This macro:
macro clenshaw(x, c...)
bk1,bk2 = :(zero(t)),:(zero(t))
N = length(c)
for k = N:-1:2
bk2, bk1 = bk1, :(muladd(t,$bk1,$(esc(c[k]))-$bk2))
end
ex = :(muladd(t/2,$bk1,$(esc(c[1]))-$bk2))

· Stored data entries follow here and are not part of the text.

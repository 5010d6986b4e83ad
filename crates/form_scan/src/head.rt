//! Reading an instruction up to its opcode.
ghost use Rattle.std.specs.Prelude.{◌≡◌};
ghost use Rattle.form_scan.specs.Reading.{Gives, no_front, lead_at, shaped_head, opcode_at, class_used, long_at, escape_at, vex_two_at, vex_last_at, vex_three_at, evex_last_at, evex_more_at, evex_at, head_at};

use crate::kinds::{Front, Head, Lead, Payload, Stop};
use crate::{front, payload};
use row_table::{Class, is_used, shape};

/// The prefixes and the byte after them.
pub(crate) fn read_lead(bytes: &[u8]) -> Result<(Lead, &[u8]), Stop>
    ensures { Gives (λ x. (x.0, x.1.now)) result (lead_at no_front bytes.now) }
{
    let mut front = front::empty();
    for i in 0..bytes.len() {
        let byte = bytes[i];
        if front::is_in_front(byte) {
            front = front::with_byte(front, byte);
        } else {
            return Ok((Lead { front, byte }, &bytes[i + 1..]));
        }
    }
    Err(Stop::Short)
}

#[tactic(auto, unfolding(crate::specs::Reading::shaped_head))]
fn with_shape(front: Front, payload: Payload, opcode: u8) -> Result<Head, Stop>
    ensures { Gives (λ x. x) result (shaped_head front payload opcode) }
{
    match shape(payload.class, payload.map, opcode) {
        None => Err(Stop::Dead),
        Some(shape) => Ok(Head {
            front,
            payload,
            opcode,
            shape,
        }),
    }
}

#[tactic(auto, unfolding(crate::specs::Reading::opcode_at))]
fn read_opcode(front: Front, payload: Payload, bytes: &[u8]) -> Result<(Head, &[u8]), Stop>
    ensures { Gives (λ x. (x.0, x.1.now)) result (opcode_at front payload bytes.now) }
{
    match bytes {
        [] => Err(Stop::Short),
        [opcode, rest @ ..] => {
            let head = with_shape(front, payload, *opcode)?;
            Ok((head, rest))
        }
    }
}

/// After 0F and 38 or 3A.
#[tactic(auto, unfolding(crate::specs::Reading::long_at))]
fn read_long(front: Front, map: u8, bytes: &[u8]) -> Result<(Head, &[u8]), Stop>
    ensures { Gives (λ x. (x.0, x.1.now)) result (long_at front map bytes.now) }
{
    if is_used(Class::Legacy, map) {
        read_opcode(front, payload::from_rex(map, front.rex), bytes)
    } else {
        Err(Stop::Dead)
    }
}

/// After 0F.
#[tactic(auto, unfolding(crate::specs::Reading::escape_at))]
fn read_escape(front: Front, bytes: &[u8]) -> Result<(Head, &[u8]), Stop>
    ensures { Gives (λ x. (x.0, x.1.now)) result (escape_at front bytes.now) }
{
    match bytes {
        [] => Err(Stop::Short),
        [0x38, rest @ ..] => read_long(front, 2, rest),
        [0x3a, rest @ ..] => read_long(front, 3, rest),
        [opcode, rest @ ..] => {
            let head = with_shape(front, payload::from_rex(1, front.rex), *opcode)?;
            Ok((head, rest))
        }
    }
}

/// After C5.
#[tactic(auto, unfolding(crate::specs::Reading::vex_two_at))]
fn read_vex_two(front: Front, bytes: &[u8]) -> Result<(Head, &[u8]), Stop>
    ensures { Gives (λ x. (x.0, x.1.now)) result (vex_two_at front bytes.now) }
{
    if !is_used(Class::Vex, 1) {
        return Err(Stop::Dead);
    }
    match bytes {
        [] => Err(Stop::Short),
        [p, rest @ ..] => read_opcode(front, payload::from_vex_two(*p), rest),
    }
}

/// After C4 and the byte with the map.
#[tactic(auto, unfolding(crate::specs::Reading::vex_last_at))]
fn read_vex_last(front: Front, p: u8, bytes: &[u8]) -> Result<(Head, &[u8]), Stop>
    ensures { Gives (λ x. (x.0, x.1.now)) result (vex_last_at front p bytes.now) }
{
    if !is_used(Class::Vex, p % 32) {
        return Err(Stop::Dead);
    }
    match bytes {
        [] => Err(Stop::Short),
        [q, rest @ ..] => read_opcode(front, payload::from_vex_three(p, *q), rest),
    }
}

fn is_class_used(class: Class) -> bool
    ensures { result ≡ class_used class }
{
    is_used(class, 0) || is_used(class, 1) || is_used(class, 2) || is_used(class, 3)
}

/// After C4.
#[tactic(auto, unfolding(crate::specs::Reading::vex_three_at))]
fn read_vex_three(front: Front, bytes: &[u8]) -> Result<(Head, &[u8]), Stop>
    ensures { Gives (λ x. (x.0, x.1.now)) result (vex_three_at front bytes.now) }
{
    if !is_class_used(Class::Vex) {
        return Err(Stop::Dead);
    }
    match bytes {
        [] => Err(Stop::Short),
        [p, rest @ ..] => read_vex_last(front, *p, rest),
    }
}

/// After 62 and two bytes.
#[tactic(auto, unfolding(crate::specs::Reading::evex_last_at))]
fn read_evex_last(front: Front, p: u8, q: u8, bytes: &[u8]) -> Result<(Head, &[u8]), Stop>
    ensures { Gives (λ x. (x.0, x.1.now)) result (evex_last_at front p q bytes.now) }
{
    if q / 4 % 2 != 1 {
        return Err(Stop::Dead);
    }
    match bytes {
        [] => Err(Stop::Short),
        [s, rest @ ..] => read_opcode(front, payload::from_evex(p, q, *s), rest),
    }
}

/// After 62 and the byte with the map.
#[tactic(auto, unfolding(crate::specs::Reading::evex_more_at))]
fn read_evex_more(front: Front, p: u8, bytes: &[u8]) -> Result<(Head, &[u8]), Stop>
    ensures { Gives (λ x. (x.0, x.1.now)) result (evex_more_at front p bytes.now) }
{
    if p / 8 % 2 == 0 && is_used(Class::Evex, p % 8) {
        match bytes {
            [] => Err(Stop::Short),
            [q, rest @ ..] => read_evex_last(front, p, *q, rest),
        }
    } else {
        Err(Stop::Dead)
    }
}

/// After 62.
#[tactic(auto, unfolding(crate::specs::Reading::evex_at))]
fn read_evex(front: Front, bytes: &[u8]) -> Result<(Head, &[u8]), Stop>
    ensures { Gives (λ x. (x.0, x.1.now)) result (evex_at front bytes.now) }
{
    if !is_class_used(Class::Evex) {
        return Err(Stop::Dead);
    }
    match bytes {
        [] => Err(Stop::Short),
        [p, rest @ ..] => read_evex_more(front, *p, rest),
    }
}

/// After the prefixes and the byte behind them.
#[tactic(auto, unfolding(crate::specs::Reading::head_at))]
pub(crate) fn read_head(lead: Lead, bytes: &[u8]) -> Result<(Head, &[u8]), Stop>
    ensures { Gives (λ x. (x.0, x.1.now)) result (head_at lead bytes.now) }
{
    match lead.byte {
        0x0f => read_escape(lead.front, bytes),
        0xc5 => read_vex_two(lead.front, bytes),
        0xc4 => read_vex_three(lead.front, bytes),
        0x62 => read_evex(lead.front, bytes),
        opcode => {
            let payload = payload::from_rex(0, lead.front.rex);
            let head = with_shape(lead.front, payload, opcode)?;
            Ok((head, bytes))
        }
    }
}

Expr(:block, :(t = $(esc(2))*$(esc(x))), ex)
end
implements Clenshaw's algorithm to sum Chebyshev series. It successfully
"unrolls" the loop, but is impractical for more than 24 coefficients. The
resulting LLVM code is theoretically only 50% longer than unrolling
Horner's rule:
f(x) =
@evalpoly(x,1.0,1/2,1/3,1/4,1/5,1/6,1/7,1/8,1/9,1/10,1/11,1/12,1/13,1/14,1/15,1/16,1/17,1/18,1/19,1/20)
@code_llvm f(1.0)
g(x) =
@clenshaw(x,1.0,1/2,1/3,1/4,1/5,1/6,1/7,1/8,1/9,1/10,1/11,1/12,1/13,1/14,1/15,1/16,1/17,1/18,1/19,1/20)
@code_llvm g(1.0)
How could I write the macro differently? How else could I end up with the
same efficient LLVM code? using a staged function?